Any other musicians feel like sharing?*


----------



## YYZ Skinhead (Nov 20, 2011)

I have a piano that desperately needs repair, and several mallets but no vibraphone.   

I like *some* of most styles of Western music.  I like some African and Asian music.  I shall take up banjo, guitar, most of the orchestral bowed strings and oboe when I can buy them.


----------



## Locked (Nov 20, 2011)

YYZ Skinhead said:
			
		

> I have a piano that desperately needs repair, and several mallets but no vibraphone.
> 
> I like *some* of most styles of Western music.  I like some African and Asian music.  I shall take up banjo, guitar, most of the orchestral bowed strings and oboe when I can buy them.




Can you play piano YYZ? I wish I cld...I hve tried but no good. I wish I had been forced to learn when young by my parents. My children will learn young provided they find it fun. I won't force it on them.


----------



## Lemon Jack (Nov 20, 2011)

Awesome thread idea hammy when I get back Ill get some pics of my bass.  Funny you brought it up I havent played it in bout a month and today I broke it out and started learning some of the new chili pepper songs off Im with you.  

Funk is where Im at home.  But i love alot of other music.  Zeppelin the band that started it all for me :aok:

I play guitar too but only mediocre. . . bass has always been mt love


----------



## YYZ Skinhead (Nov 20, 2011)

Hamster Lewis said:
			
		

> Can you play piano YYZ? I wish I cld...I hve tried but no good. I wish I had been forced to learn when young by my parents. My children will learn young provided they find it fun. I won't force it on them.

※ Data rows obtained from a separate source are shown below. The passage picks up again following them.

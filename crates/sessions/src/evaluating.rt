// An evaluator and what it is lent.
ghost use Rattle.std.specs.Prelude.{◌≤◌, length};

use crate::answer::Answer;
use crate::call::{EvaluatorCall, On};
use crate::evaluator_side::EvaluatorSide;
use crate::lent::Lent;
use crate::numbered::Numbered;
use circuit::refusal::Refusal;
use hashes::counted::Counted;
use hashes::function::LabelFunction;
use hashes::hash::LabelHash;
use std::alloc::{AllocError, Global};

pub struct Evaluating<L> {
    pub side: EvaluatorSide,
    pub lent: Lent<L>,
}

impl<L: Numbered> Evaluating<L> {
    pub fn new(lent: Lent<L>) -> Evaluating<L> {
        Evaluating {
            side: EvaluatorSide::new(),
            lent,
        }
    }

    // Lays out the bytes and the scratch that a call is lent.
    pub fn prepare(&mut self, heap: Global, call: &EvaluatorCall) -> Result<(), AllocError> {
        match call {
            EvaluatorCall::Decode { .. } => self.lent.bytes = vec![in heap; 7; 4]?,
            EvaluatorCall::Evaluate { .. } => self.lent.scratch = vec![in heap; L::used(); 260]?,
            _ => {}
        }
        Ok(())
    }

    // Makes a call.
    pub fn make<F: LabelFunction<L>>(
        &mut self,
        call: &EvaluatorCall,
    ) -> Result<Answer<L>, Refusal> {
        match call {
            EvaluatorCall::Join { on } => self.join(*on),
            EvaluatorCall::Deliver { on, input, label } => self.deliver(*on, *input, *label),
            EvaluatorCall::Evaluate {
                on,
                scratch,
                material,
            } => self.evaluate::<F>(*on, *scratch, *material),
            EvaluatorCall::Decode {
                on,
                colours,
                length,
            } => {
                let count = colours.count.min(colours.bytes.len());
                self.decode(*on, &colours.bytes[..count], *length)
            }
            EvaluatorCall::Missing => Ok(Answer::Missing(self.side.evaluator.missing())),
            EvaluatorCall::State => Ok(Answer::State(self.side.evaluator.state())),
            EvaluatorCall::Wipe { wires } => {
                let wires = self.lent.front(*wires);
                self.side.wipe(&mut self.lent.wires[..wires])
            }
        }
    }

    fn join(&mut self, on: On) -> Result<Answer<L>, Refusal> {
        let wires = self.lent.front(on.wires);
        let wires = &mut self.lent.wires[..wires];
        self.side.join(on.circuit, wires)?;
        Ok(Answer::Joined)
    }

    fn deliver(&mut self, on: On, input: usize, label: u16) -> Result<Answer<L>, Refusal> {
        let wires = self.lent.front(on.wires);
        let wires = &mut self.lent.wires[..wires];
        self.side.deliver(on.circuit, wires, input, L::of(label))?;
        Ok(Answer::Delivered)
    }

    fn evaluate<F: LabelFunction<L>>(
        &mut self,
        on: On,
        scratch: usize,
        material: usize,
    ) -> Result<Answer<L>, Refusal> {
        let lent = &mut self.lent;
        let mut hash: Counted<F> = Counted::starting_at(lent.count);
        let wires = lent.front(on.wires);
        let material = material.min(lent.material.len());
        let scratch = scratch.min(lent.scratch.len());
        let evaluated = self.side.evaluate(
            &mut hash,
            on.circuit,
            &mut lent.wires[..wires],
            &lent.material[..material],
            &mut lent.scratch[..scratch],
        );
        lent.count = hash.count();
        evaluated?;
        Ok(Answer::Evaluated)
    }

    fn decode(&mut self, on: On, colours: &[u8], length: usize) -> Result<Answer<L>, Refusal> {
        let lent = &mut self.lent;
        let wires = lent.front(on.wires);
        let length = length.min(lent.bytes.len());
        let wires = &lent.wires[..wires];
        let outputs = &mut lent.bytes[..length];
        self.side
            .evaluator
            .decode(on.circuit, wires, colours, outputs)?;
        Ok(Answer::Decoded)
    }

    // Wipes the side where it is open.
    pub fn end(self, wires: &mut [L])
        requires { 8 ≤ length wires.old }
    {
        let Evaluating { side, lent: _ } = self;
        side.end(wires);
    }
}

I can play but I haven't for years.  I think I need to take a basic class because I've forgotten a lot.  Like how to transcribe the songs I have written (thank *you,* propranolol).


----------



## Locked (Nov 20, 2011)

Lemon Jack said:
			
		

> Awesome thread idea hammy when I get back Ill get some pics of my bass.  Funny you brought it up I havent played it in bout a month and today I broke it out and started learning some of the new chili pepper songs off Im with you.
> 
> Funk is where Im at home.  But i love alot of other music.  Zeppelin the band that started it all for me :aok:
> 
> I play guitar too but only mediocre. . . bass has always been mt love




Hey LJ....awesome that you picked it back up again. O love that feeling when you have not played in a while and you plug in and jam to some drum beat and just break a sweat.   I know for a fact picking up the bass has helped my guitar playing tremendously. Just how fast a guitars neck feels to me has been great.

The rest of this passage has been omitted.